_TASK OBJECTIVE_
Scan the entries below for "copied" and copy each line that holds it.

(ENTRIES SUPPLIED)

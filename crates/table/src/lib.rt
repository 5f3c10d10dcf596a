//! The working table: what each process has read and is going to write, over entries that the caller lends.
#![tactic(auto)]

pub mod entry;
pub mod items;
mod sets;
pub mod task;
pub mod working_table;

pub use entry::{ENTRIES, Entry, Part, Sizes};
pub use items::Items;
pub use task::Task;
pub use working_table::Table;
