//! What a process has of the table.
ghost use Rattle.std.specs.Prelude.{◌≡◌, ◌+◌, ◌≤◌, map, length, take};
ghost use Rattle.bank.specs.Limits.{set_size};
ghost use Rattle.table.specs.Sets.{find, item_of};
ghost use Rattle.table.specs.Tasks.{seen, set_at, found, write_slot, next_item, unlock_sequence};

use crate::entry::{Entry, Part, Sizes};
use crate::items::{Items, items_in};
use crate::sets::{entry_in, find_in, lowest_in, set_in, slot_in};
use kinds::Kind;

/// A process's number and its two sets, over the table.
#[derive(Clone, Copy)]
pub struct Task<'t, V> {
    pub(crate) entries: &'t [Entry<V>],
    pub(crate) me: u8,
    pub(crate) sizes: Sizes,
}

impl<'t, V: Kind> Task<'t, V> {
    /// The process's number.
    pub fn me(&self) -> u8
        ensures { result ≡ (seen V.blank self.now).me }
    {
        self.me
    }

    /// The sizes of the two sets.
    pub fn sizes(&self) -> Sizes
        ensures { result ≡ (seen V.blank self.now).sizes }
    {
        self.sizes
    }

    /// An entry of a part; past the table's end a blank one.
    pub fn entry(&self, part: Part, at: u8) -> Entry<V>
        ensures { result ≡ (seen V.blank self.now).entry part at }
    {
        entry_in(self.entries, part.start(self.me) + at as usize)
    }

    // The set in a part.
    fn set(&self, part: Part) -> &'t [Entry<V>]
        ensures set { result.now ≡ set_at (seen V.blank self.now) part }
        ensures few { length result.now ≤ 255 }
    {
        set_in(self.entries, self.me, part, self.sizes.of(part))
    }

    /// The entry of a part's set that has the item.
    pub fn find(&self, part: Part, item: u8) -> Option<Entry<V>>
        ensures { result ≡ find item (set_at (seen V.blank self.now) part) }
    {
        find_in(self.set(part), item)
    }

    /// The entry that a read of the item finds: the write set's, else the read set's.
    pub fn found(&self, item: u8) -> Option<Entry<V>>
        ensures { result ≡ found (seen V.blank self.now) item }
    {
        let written = self.find(Part::Writes, item);
        if written.is_some() {
            return written;
        }
        self.find(Part::Reads, item)
    }

    /// Where the item stands in the write set, or where that ends.
    pub fn write_slot(&self, item: u8) -> u8
        ensures { result ≡ write_slot (seen V.blank self.now) item }
    {
        slot_in(self.set(Part::Writes), item) as u8
    }

    /// The lowest item of the data set that is not below `from`.
    pub fn next_item(&self, from: usize) -> Option<u8>
        ensures { result ≡ next_item (seen V.blank self.now) from }
    {
        let best = lowest_in(self.set(Part::Reads), from, None);
        lowest_in(self.set(Part::Writes), from, best)
    }

    /// The number with which an item is unlocked: the write set's, else the read set's, else 0.
    pub fn unlock_sequence(&self, item: u8) -> u64
        ensures { result ≡ unlock_sequence (seen V.blank self.now) item }
    {
        self.found(item).map_or(0, |entry| entry.sequence)
    }

    /// The items of the first eight entries of the write set.
    pub fn write_items(&self) -> Items
        ensures { result ≡ take set_size (map item_of (seen V.blank self.now).writes) }
    {
        items_in(self.set(Part::Writes))
    }
}
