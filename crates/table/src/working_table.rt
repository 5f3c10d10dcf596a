//! The table as the store uses it.
ghost use Rattle.std.specs.Prelude.{◌≡◌, ◌+◌, length, slice_set};
ghost use Rattle.table.specs.Lent.{entries_of, place_of};
ghost use Rattle.table.specs.Sets.{start};
ghost use Rattle.table.specs.Tasks.{task, seen};

use crate::entry::{Entry, Part, Sizes};
use crate::sets::put_in;
use crate::task::Task;
use kinds::Kind;

/// Sixteen entries a process, over the slice that is lent.
#[derive(Drop)]
pub struct Table<'a, V: Kind> {
    entries: &'a mut [Entry<V>],
}

impl<'a, V: Kind> Table<'a, V> {
    /// The table of these entries, as they are.
    pub fn new(entries: &'a mut [Entry<V>]) -> Table<'a, V>
        ensures entries { entries_of result ≡ entries.old }
        ensures place { place_of result ≡ entries.entry.ghost_name }
    {
        Table { entries }
    }

    /// How many entries there are.
    pub fn len(&self) -> usize
        ensures { result ≡ length (entries_of self.now) }
    {
        self.entries.len()
    }

    /// What a process has of the table, whose sets have these sizes.
    pub fn task(&self, process: u8, sizes: Sizes) -> Task<'_, V>
        ensures { seen V.blank result ≡ task V.blank (entries_of self.now) process sizes }
    {
        Task {
            entries: self.entries,
            me: process,
            sizes,
        }
    }

    /// Puts an entry into a process's part; past the table's end nothing is done.
    pub fn put(&mut self, process: u8, part: Part, at: u8, entry: Entry<V>)
        ensures after { entries_of self.new ≡ slice_set (entries_of self.old) (start process part + at) entry }
        ensures stays { place_of self.new ≡ place_of self.old }
    {
        put_in(self.entries, part.start(process) + at as usize, entry);
    }
}
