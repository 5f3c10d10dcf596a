//! Entries, and where a process's entries stand.
ghost use Rattle.std.specs.Prelude.{◌≡◌};
ghost use Rattle.table.specs.Sets.{start, blank_entry, size_of};

use bank::SET_SIZE;
use kinds::Kind;

/// How many entries of the table each process has: its read set, then its write set.
pub const ENTRIES: usize = 2 * SET_SIZE;

/// An item with the value that was read or is to be written, and the item's sequence number.
#[derive(Clone, Copy, PartialEq, Eq, Debug)]
pub struct Entry<V> {
    pub item: u8,
    pub sequence: u64,
    pub value: V,
}

impl<V: Kind> Entry<V> {
    /// Item 0 with the number 0 and the blank value, as an entry past the table's end reads.
    pub fn blank() -> Entry<V>
        ensures { result ≡ blank_entry V.blank }
    {
        Entry {
            item: 0,
            sequence: 0,
            value: V::blank(),
        }
    }
}

/// One of a process's two parts of the table.
#[derive(Clone, Copy, PartialEq, Eq, Debug)]
pub enum Part {
    Reads,
    Writes,
}

impl Part {
    /// Where the process's part begins.
    pub fn start(self, process: u8) -> usize
        ensures { result ≡ start process self }
    {
        let first = ENTRIES * process.saturating_sub(1) as usize;
        match self {
            Part::Reads => first,
            Part::Writes => first + SET_SIZE,
        }
    }
}

/// How many entries of a process's parts are its read set and its write set.
#[derive(Clone, Copy, PartialEq, Eq, Debug, Default)]
pub struct Sizes {
    pub reads: u8,
    pub writes: u8,
}

impl Sizes {
    /// The size of the set in a part.
    pub fn of(self, part: Part) -> u8
        ensures { result ≡ size_of part self }
    {
        match part {
            Part::Reads => self.reads,
            Part::Writes => self.writes,
        }
    }
}
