//! A few items, without a heap.
ghost use Rattle.std.specs.Prelude.{◌≡◌, map, take};
ghost use Rattle.bank.specs.Limits.{set_size};
ghost use Rattle.table.specs.Sets.{item_of};

use crate::entry::Entry;
use bank::SET_SIZE;
use kinds::Kind;
use std::marker::Model;

// Of our own, though the kit has such a vector: nothing is trusted here but the toolchain and its standard library.
/// Up to eight items, in order.
#[derive(Drop)]
pub struct Items {
    places: [usize; SET_SIZE],
    used: usize,
}

impl Model for Items {
    ghost use Rattle.std.specs.Prelude.{◌≡◌, ◌≤◌, ◌-◌, List, ℕ, take, drop, replicate};
    ghost use Rattle.bank.specs.Limits.{set_size};

    ghost Value = { List ℕ };

    ghost view = { λ s. take s.used s.places };

    // zeros stand behind them
    ghost invariant = { λ s. (s.used ≤ set_size) × (drop s.used s.places ≡ replicate (set_size - s.used) 0) };
}

impl Items {
    /// The items, one after the other.
    pub fn as_slice(&self) -> &[usize]
        ensures { result.now ≡ self.now }
    {
        &self.places[..self.used]
    }
}

// The items of the first eight entries of a set. By index: with a `push` for each, a step at K took half as much time again.
pub(crate) fn items_in<V: Kind>(set: &[Entry<V>]) -> Items
    ensures { result ≡ take set_size (map item_of set.now) }
{
    let mut places = [0; SET_SIZE];
    let used = set.len().min(SET_SIZE);
    for at in 0..used {
        places[at] = set[at].item as usize;
    }
    Items { places, used }
}
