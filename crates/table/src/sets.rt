//! What a set, a run of entries, holds.
ghost use Rattle.std.specs.Prelude.{◌≡◌, ◌≤◌, ◌<◌, length, slice_set, IfSome};
ghost use Rattle.table.specs.Sets.{entry_at, set_of, find, place, slot, lower, lowest};

use crate::entry::{Entry, Part};
use kinds::Kind;

// The entry at an index; past the end a blank one.
pub fn entry_in<V: Kind>(entries: &[Entry<V>], at: usize) -> Entry<V>
    ensures { result ≡ entry_at V.blank entries.now at }
{
    entries.get(at).copied().unwrap_or_else(|| Entry::blank())
}

// Puts an entry at an index; past the end nothing is done.
pub fn put_in<V: Kind>(entries: &mut [Entry<V>], at: usize, entry: Entry<V>)
    ensures { entries.new ≡ slice_set entries.old at entry }
{
    // by index: after `get_mut` a proof knows no element of the slice
    if at < entries.len() {
        entries[at] = entry;
    }
}

// The first `size` entries of a process's part, or as many as the table has.
pub fn set_in<V: Kind>(entries: &[Entry<V>], process: u8, part: Part, size: u8) -> &[Entry<V>]
    ensures set { result.now ≡ set_of entries.now process part size }
    ensures few { length result.now ≤ size }
{
    let first = part.start(process).min(entries.len());
    let end = (first + size as usize).min(entries.len());
    &entries[first..end]
}

// The first entry that has the item.
pub fn find_in<V: Kind>(set: &[Entry<V>], item: u8) -> Option<Entry<V>>
    ensures { result ≡ find item set.now }
{
    set.iter().copied().find(|entry| entry.item == item)
}

// Where the first entry that has the item stands, or where the set ends.
pub fn slot_in<V: Kind>(set: &[Entry<V>], item: u8) -> usize
    ensures slot { result ≡ slot item set.now }
    ensures within { result ≤ length set.now }
{
    place_in(set, item).unwrap_or(set.len())
}

// The place of the first entry that has the item.
fn place_in<V: Kind>(set: &[Entry<V>], item: u8) -> Option<usize>
    ensures place { result ≡ place item set.now }
    ensures within { IfSome result (λ i. i < length set.now) }
{
    set.iter().position(|entry| entry.item == item)
}

// The lower of an item and the best so far, among those not below `from`. (As a chain of `filter` and `min` over both
// sets: tried, the proof did not close.)
fn lower_of(from: usize, item: u8, best: Option<u8>) -> Option<u8>
    ensures { result ≡ lower from item best }
{
    if (item as usize) < from {
        return best;
    }
    match best {
        Some(b) if b <= item => best,
        _ => Some(item),
    }
}

// The lowest item not below `from`, of the set's and of the best so far.
pub fn lowest_in<V: Kind>(set: &[Entry<V>], from: usize, best: Option<u8>) -> Option<u8>
    ensures { result ≡ lowest from best set.now }
{
    set.iter()
        .fold(best, |found, entry| lower_of(from, entry.item, found))
}
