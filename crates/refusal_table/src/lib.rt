#![tactic(auto)]

// No code: document 01's table of refusals, in specs/, and that the reading refuses each example so, in proofs/.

(End ENTRIES SUPPLIED)

_EXERCISE RESULT_
    entries.get(at).copied().unwrap_or_else(|| Entry::blank())
    set.iter().copied().find(|entry| entry.item == item)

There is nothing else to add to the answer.